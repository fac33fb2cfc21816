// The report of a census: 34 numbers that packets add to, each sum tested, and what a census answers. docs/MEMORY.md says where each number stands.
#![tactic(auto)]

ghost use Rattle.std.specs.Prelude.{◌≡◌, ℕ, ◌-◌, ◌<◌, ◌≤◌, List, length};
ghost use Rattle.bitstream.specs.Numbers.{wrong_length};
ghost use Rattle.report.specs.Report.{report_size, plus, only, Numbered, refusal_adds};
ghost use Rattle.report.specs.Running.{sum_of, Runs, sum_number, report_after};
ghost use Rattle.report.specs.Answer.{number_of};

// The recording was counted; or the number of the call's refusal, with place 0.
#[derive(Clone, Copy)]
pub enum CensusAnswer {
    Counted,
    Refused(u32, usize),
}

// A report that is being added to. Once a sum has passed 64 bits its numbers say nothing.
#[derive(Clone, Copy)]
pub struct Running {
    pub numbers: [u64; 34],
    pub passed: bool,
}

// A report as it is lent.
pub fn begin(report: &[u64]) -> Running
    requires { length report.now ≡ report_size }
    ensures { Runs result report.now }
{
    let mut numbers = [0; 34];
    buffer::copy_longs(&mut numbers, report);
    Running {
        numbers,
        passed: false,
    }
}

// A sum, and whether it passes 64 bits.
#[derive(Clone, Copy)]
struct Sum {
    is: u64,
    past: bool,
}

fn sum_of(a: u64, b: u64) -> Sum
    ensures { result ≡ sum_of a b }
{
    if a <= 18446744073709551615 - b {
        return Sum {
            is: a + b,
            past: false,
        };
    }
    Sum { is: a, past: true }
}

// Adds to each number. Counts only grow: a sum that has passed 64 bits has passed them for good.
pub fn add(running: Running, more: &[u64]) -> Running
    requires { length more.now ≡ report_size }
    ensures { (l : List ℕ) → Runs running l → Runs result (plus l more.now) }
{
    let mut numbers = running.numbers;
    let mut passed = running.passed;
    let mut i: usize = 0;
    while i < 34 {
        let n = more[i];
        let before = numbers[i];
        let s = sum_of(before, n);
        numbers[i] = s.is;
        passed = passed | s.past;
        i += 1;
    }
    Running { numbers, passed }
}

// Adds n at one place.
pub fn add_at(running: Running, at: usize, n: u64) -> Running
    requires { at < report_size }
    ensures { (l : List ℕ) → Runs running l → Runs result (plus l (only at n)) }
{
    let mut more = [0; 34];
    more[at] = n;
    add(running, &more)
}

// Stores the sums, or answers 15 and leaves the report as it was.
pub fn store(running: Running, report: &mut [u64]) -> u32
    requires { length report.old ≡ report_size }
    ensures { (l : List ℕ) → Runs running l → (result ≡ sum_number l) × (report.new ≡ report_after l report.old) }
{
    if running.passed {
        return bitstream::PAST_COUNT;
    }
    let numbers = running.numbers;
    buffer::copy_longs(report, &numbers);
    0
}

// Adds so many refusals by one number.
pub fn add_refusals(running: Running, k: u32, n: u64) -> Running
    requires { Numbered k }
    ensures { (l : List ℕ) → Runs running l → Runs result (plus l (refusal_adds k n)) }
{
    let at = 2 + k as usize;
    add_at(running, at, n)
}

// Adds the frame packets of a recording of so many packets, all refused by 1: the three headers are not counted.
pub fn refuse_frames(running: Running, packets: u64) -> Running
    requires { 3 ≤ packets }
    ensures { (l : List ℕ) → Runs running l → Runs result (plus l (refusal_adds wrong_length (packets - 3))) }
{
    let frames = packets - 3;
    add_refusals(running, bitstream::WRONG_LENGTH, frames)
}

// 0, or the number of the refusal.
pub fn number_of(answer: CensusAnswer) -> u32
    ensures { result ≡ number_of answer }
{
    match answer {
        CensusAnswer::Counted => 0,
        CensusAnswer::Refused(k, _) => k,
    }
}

--

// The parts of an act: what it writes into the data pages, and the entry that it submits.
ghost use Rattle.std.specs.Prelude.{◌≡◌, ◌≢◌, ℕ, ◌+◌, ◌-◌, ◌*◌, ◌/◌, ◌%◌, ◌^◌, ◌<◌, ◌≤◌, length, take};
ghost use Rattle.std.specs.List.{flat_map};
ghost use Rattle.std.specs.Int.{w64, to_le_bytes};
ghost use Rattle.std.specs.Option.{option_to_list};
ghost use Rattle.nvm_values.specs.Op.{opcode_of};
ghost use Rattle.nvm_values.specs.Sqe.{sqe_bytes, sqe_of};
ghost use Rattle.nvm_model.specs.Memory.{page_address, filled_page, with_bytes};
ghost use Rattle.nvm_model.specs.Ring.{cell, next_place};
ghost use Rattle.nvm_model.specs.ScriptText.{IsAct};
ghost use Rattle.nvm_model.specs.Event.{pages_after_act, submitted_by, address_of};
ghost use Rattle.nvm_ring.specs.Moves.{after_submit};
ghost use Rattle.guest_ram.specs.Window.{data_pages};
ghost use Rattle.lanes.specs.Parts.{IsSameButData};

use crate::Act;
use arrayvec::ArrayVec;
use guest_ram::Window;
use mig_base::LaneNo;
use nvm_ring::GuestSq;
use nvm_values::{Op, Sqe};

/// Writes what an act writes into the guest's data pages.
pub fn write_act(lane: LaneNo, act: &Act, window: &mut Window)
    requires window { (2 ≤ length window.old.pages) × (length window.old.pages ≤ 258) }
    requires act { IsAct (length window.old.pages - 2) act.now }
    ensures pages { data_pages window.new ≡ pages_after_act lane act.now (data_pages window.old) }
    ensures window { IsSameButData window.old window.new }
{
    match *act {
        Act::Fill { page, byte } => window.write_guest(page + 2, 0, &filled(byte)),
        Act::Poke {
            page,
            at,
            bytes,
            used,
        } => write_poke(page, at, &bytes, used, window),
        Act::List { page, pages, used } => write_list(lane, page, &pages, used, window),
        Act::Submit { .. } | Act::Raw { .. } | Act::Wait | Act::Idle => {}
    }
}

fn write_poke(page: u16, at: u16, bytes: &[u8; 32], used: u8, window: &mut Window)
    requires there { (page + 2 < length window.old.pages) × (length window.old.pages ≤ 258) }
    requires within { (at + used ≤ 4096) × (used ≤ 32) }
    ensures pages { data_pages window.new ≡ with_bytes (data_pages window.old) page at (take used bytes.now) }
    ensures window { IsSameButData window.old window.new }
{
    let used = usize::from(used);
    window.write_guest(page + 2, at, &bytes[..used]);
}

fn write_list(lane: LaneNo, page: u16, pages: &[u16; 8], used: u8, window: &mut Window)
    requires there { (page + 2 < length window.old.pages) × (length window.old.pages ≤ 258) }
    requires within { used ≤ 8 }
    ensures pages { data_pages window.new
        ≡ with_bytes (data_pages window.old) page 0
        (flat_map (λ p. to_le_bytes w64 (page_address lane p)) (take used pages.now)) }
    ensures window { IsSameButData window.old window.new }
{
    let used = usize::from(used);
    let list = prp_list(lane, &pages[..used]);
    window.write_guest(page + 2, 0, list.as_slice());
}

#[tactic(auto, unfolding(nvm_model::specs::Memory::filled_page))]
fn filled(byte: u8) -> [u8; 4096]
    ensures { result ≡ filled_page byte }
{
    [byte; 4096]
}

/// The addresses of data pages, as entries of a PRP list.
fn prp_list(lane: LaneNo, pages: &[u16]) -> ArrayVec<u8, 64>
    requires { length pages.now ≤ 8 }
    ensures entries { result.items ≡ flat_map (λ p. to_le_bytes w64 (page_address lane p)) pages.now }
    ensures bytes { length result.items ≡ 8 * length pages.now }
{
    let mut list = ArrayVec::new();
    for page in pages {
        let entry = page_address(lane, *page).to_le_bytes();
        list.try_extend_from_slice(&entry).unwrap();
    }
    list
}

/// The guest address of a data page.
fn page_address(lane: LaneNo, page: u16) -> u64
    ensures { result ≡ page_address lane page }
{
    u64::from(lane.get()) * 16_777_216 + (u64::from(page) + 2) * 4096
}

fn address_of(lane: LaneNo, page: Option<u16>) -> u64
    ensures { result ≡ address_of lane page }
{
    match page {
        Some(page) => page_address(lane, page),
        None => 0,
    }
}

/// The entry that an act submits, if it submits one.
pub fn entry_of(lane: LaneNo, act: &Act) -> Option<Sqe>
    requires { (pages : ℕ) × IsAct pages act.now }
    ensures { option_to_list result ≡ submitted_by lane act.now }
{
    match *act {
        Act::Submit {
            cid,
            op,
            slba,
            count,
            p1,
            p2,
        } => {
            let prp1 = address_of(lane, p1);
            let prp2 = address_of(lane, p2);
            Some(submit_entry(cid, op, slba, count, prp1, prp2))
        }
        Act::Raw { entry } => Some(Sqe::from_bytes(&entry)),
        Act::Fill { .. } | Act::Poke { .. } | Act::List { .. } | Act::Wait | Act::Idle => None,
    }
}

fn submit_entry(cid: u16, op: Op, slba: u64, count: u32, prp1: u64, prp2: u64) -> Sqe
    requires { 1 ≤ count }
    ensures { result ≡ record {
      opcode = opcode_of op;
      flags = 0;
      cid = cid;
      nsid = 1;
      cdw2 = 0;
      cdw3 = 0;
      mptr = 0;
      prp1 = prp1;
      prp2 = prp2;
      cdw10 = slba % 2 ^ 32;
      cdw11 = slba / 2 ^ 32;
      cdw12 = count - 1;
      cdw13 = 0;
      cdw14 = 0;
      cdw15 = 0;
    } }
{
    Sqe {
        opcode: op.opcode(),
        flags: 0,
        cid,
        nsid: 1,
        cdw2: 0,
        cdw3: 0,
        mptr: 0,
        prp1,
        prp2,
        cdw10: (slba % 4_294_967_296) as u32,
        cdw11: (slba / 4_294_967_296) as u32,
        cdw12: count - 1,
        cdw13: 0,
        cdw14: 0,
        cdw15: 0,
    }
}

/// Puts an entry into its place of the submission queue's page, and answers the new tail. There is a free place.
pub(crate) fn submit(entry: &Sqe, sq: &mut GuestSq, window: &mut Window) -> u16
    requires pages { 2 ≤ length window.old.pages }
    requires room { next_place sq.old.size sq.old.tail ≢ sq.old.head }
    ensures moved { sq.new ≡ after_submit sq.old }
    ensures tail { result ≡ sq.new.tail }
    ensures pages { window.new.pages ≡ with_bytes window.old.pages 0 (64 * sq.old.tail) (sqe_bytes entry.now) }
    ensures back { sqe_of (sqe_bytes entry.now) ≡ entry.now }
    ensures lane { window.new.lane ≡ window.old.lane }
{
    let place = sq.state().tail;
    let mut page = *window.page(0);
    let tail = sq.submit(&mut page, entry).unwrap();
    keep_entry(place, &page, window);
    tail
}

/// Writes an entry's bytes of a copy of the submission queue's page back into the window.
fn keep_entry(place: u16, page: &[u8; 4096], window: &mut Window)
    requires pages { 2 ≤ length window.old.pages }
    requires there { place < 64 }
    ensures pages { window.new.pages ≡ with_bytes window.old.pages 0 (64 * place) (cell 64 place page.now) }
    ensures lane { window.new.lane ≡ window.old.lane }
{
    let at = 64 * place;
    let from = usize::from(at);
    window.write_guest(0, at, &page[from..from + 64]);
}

# [WORK ITEM]
For this exercise, output exactly the lines above from the line with "add_at(running, at, n)" to the line with "pub fn number_of(answer: CensusAnswer) -> u32", counting both, and leave out the rest.

# [EXERCISE SOLUTION]
    add_at(running, at, n)
}

// Adds the frame packets of a recording of so many packets, all refused by 1: the three headers are not counted.
pub fn refuse_frames(running: Running, packets: u64) -> Running
    requires { 3 ≤ packets }
    ensures { (l : List ℕ) → Runs running l → Runs result (plus l (refusal_adds wrong_length (packets - 3))) }
{
    let frames = packets - 3;
    add_refusals(running, bitstream::WRONG_LENGTH, frames)
}

// 0, or the number of the refusal.
pub fn number_of(answer: CensusAnswer) -> u32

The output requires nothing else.